Verso il voto, il centrosinistra lavora anche alla Giunta: si sogna un big

Antonio Macauda

Verso il voto, il centrosinistra lavora anche alla Giunta: si sogna un big

mercoledì 09 Maggio 2018 - 12:23

Il nome è ancora top secret, ma si tratta comunque di una personalità di alto spessore nazionale. Ultimi giorni necessari per chiudere le liste dei candidati al consiglio Comunale, ma anche il centrosinistra è al lavoro per creare la squadra di assessori da affiancare ad Antonio Saitta. Quattro dei sette nomi che comporranno la futura Giunta dovranno già essere indicati al momento della consegna delle liste, lo stesso Saitta vorrebbe proporre già al entro il 15 maggio un nome forte, una personalità di spicco in ambito accademico a cui dovrebbe andare l’assessorato più pesante, vale a dire quello al Bilancio.

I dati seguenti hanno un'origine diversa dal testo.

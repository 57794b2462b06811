//! What tokens stand for: the characters of IRIs and names.
ghost use Rattle.std.specs.Prelude.{◌≡◌, [], ◌∷◌, ◌++◌, IfOk, OnOk, string_bytes};
ghost use Rattle.std.specs.List.{filter};
ghost use Rattle.std.specs.Str.{chars, encode_utf8_all};
ghost use Rattle.rdf_text.specs.scanning.Text.{after_first};
ghost use Rattle.query_tokens.specs.Token.{shown};
ghost use Rattle.query_values.specs.reading.Values.{IsSpelled, from_colon, is_no_colon, is_no_backslash, iri_of, prefix_of, local_of, prefixed_iri, name_of};

use query_tokens::Token;
use rdf_escapes::push_iri_pieces;
use rdf_text::{CharClass, after_run, before, split_char};
use std::alloc::{AllocError, Global};

/// Every character but the colon.
#[derive(Clone, Copy)]
struct NoColon;

impl CharClass for NoColon {
    ghost members = { is_no_colon };

    #[tactic(auto, unfolding(crate::specs::reading::Values::is_no_colon))]
    fn has(self, c: char) -> bool {
        c != ':'
    }
}

/// The characters of a token that `tokens` gave and that is not `Bad`.
pub(crate) fn text_of<'a>(token: Token<'a>) -> &'a str
    requires { IsSpelled (shown token) }
    ensures { result.now ≡ token.entry.text.now }
{
    match str::from_utf8(token.text) {
        Ok(text) => text,
        Err(_) => unreachable!(),
    }
}

/// What stands after the first character of a text.
pub(crate) fn after_first(text: &str) -> &str
    ensures { chars result.now ≡ after_first (chars text.now) }
{
    match split_char(text) {
        Some((_, rest)) => rest,
        None => text,
    }
}

fn from_colon(text: &str) -> &str
    ensures { chars result.now ≡ from_colon (chars text.now) }
{
    after_run(text, NoColon)
}

/// The IRI that an IRI in brackets spells, its escapes undone. The token is one that `tokens` gave and is
/// not `Bad`; of one of another kind nothing useful is answered. `Err` only where memory runs out.
#[tactic(auto, unfolding(crate::specs::reading::Values::iri_of))]
pub fn iri(alloc: Global, token: Token<'_>) -> Result<String, AllocError>
    requires { IsSpelled (shown token) }
    ensures { IfOk result (λ iri. chars (string_bytes iri) ≡ iri_of (shown token.entry)) }
{
    let mut iri = String::new(alloc);
    push_iri_pieces(&mut iri, after_first(text_of(token)))?;
    Ok(iri)
}

/// The prefix of a prefixed name, or of a prefix with its colon: what stands before the colon. The token
/// is one that `tokens` gave and is not `Bad`; of one of another kind nothing useful is answered.
#[tactic(auto, unfolding(crate::specs::reading::Values::prefix_of))]
pub fn prefix<'a>(token: Token<'a>) -> &'a str
    requires { IsSpelled (shown token) }
    ensures { chars result.now ≡ prefix_of (shown token.entry) }
{
    let text = text_of(token);
    before(text, from_colon(text))
}

/// The IRI of a prefixed name: the namespace of its prefix, and the local name, in which a backslash
/// and what stands after it are that alone. The token is one that `tokens` gave and is not `Bad`; of one
/// of another kind nothing useful is answered. `Err` only where memory runs out.
#[tactic(auto, unfolding(crate::specs::reading::Values::local_of))]
pub fn prefixed_iri(alloc: Global, namespace: &str, token: Token<'_>) -> Result<String, AllocError>
    requires { IsSpelled (shown token) }
    ensures { IfOk result (λ iri. chars (string_bytes iri) ≡ prefixed_iri (chars namespace.now) (shown token.entry)) }
{
    let mut iri = String::from_str(alloc, namespace)?;
    push_without_backslashes(&mut iri, after_first(from_colon(text_of(token))))?;
    Ok(iri)
}

/// Writes the characters of a text that are no backslash.
fn push_without_backslashes(out: &mut String, text: &str) -> Result<(), AllocError>
    ensures { OnOk result (string_bytes out.new ≡ string_bytes out.old ++ encode_utf8_all (filter is_no_backslash (chars text.now))) }
{
    let mut rest = text;
    while let Some((c, after)) = split_char(rest) {
        push_no_backslash(out, c)?;
        rest = after;
    }
    Ok(())
}

fn push_no_backslash(out: &mut String, c: char) -> Result<(), AllocError>
    ensures { OnOk result (string_bytes out.new ≡ string_bytes out.old ++ encode_utf8_all (filter is_no_backslash (c ∷ []))) }
{
    if is_no_backslash(c) {
        return out.push(c);
    }
    Ok(())
}

#[tactic(auto, unfolding(crate::specs::reading::Values::is_no_backslash))]
fn is_no_backslash(c: char) -> bool
    ensures { result ≡ is_no_backslash c }
{
    c != '\\'
}

/// The bytes of a variable's name, without its mark. Of a token of another kind nothing useful is
/// answered.
#[tactic(auto, unfolding(crate::specs::reading::Values::name_of))]
pub fn variable_name<'a>(token: Token<'a>) -> &'a [u8]
    ensures { result.now ≡ name_of (shown token.entry) }
{
    match token.text {
        [_, name @ ..] => name,
        [] => token.text,
    }
}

Almeno queste sarebbero le intenzioni di Saitta, che da diversi giorni marca a uomo il diretto interessato, su cui regna il massimo riserbo, ma la cui presenza potrebbe dare lustro all’eventuale Giunta, ma soprattutto  far aumentare l’audience elettorale del progetto politico del centrosinistra che ha ormai assorbito la batosta del 4 marzo. Per il grande nome sarebbe comunque il primo assessore che sia espressione diretta dello stesso Saitta, che in caso di vittoria sceglierebbe un altro nome, portando così a due il numero di assessori dichiaratamente “suoi”. Poi toccherà al resto della coalizione indicare i nomi, le figure ritenute politicamente e professionalmente più adatte per ricoprire gli assessorati, anche se molto dipenderà dalla percentuale raggiunta da ogni singola lista.

Chi è già certa del posto in Giunta è Maria Flavia Timbro, indicata come vicesindaco in quota LeU, mentre anche Sicilia Futura ha le idee molto chiare. I nomi indicati da Picciolo sono quelli di Nino Interdonato, già vicepresidente del Consiglio Comunale, e Piero Latona, ex sindaco di Villafranca che ha guidato per due mandati consecutivi. Da vedere le posizioni di Articolo Uno, ma anche di Impegno Civico, movimento nato dalla volontà dell’ex presidente dell’Ordine degli Architetti, Giovanni Lazzari, e dell’ex assessore provinciale, Michele Bisignano.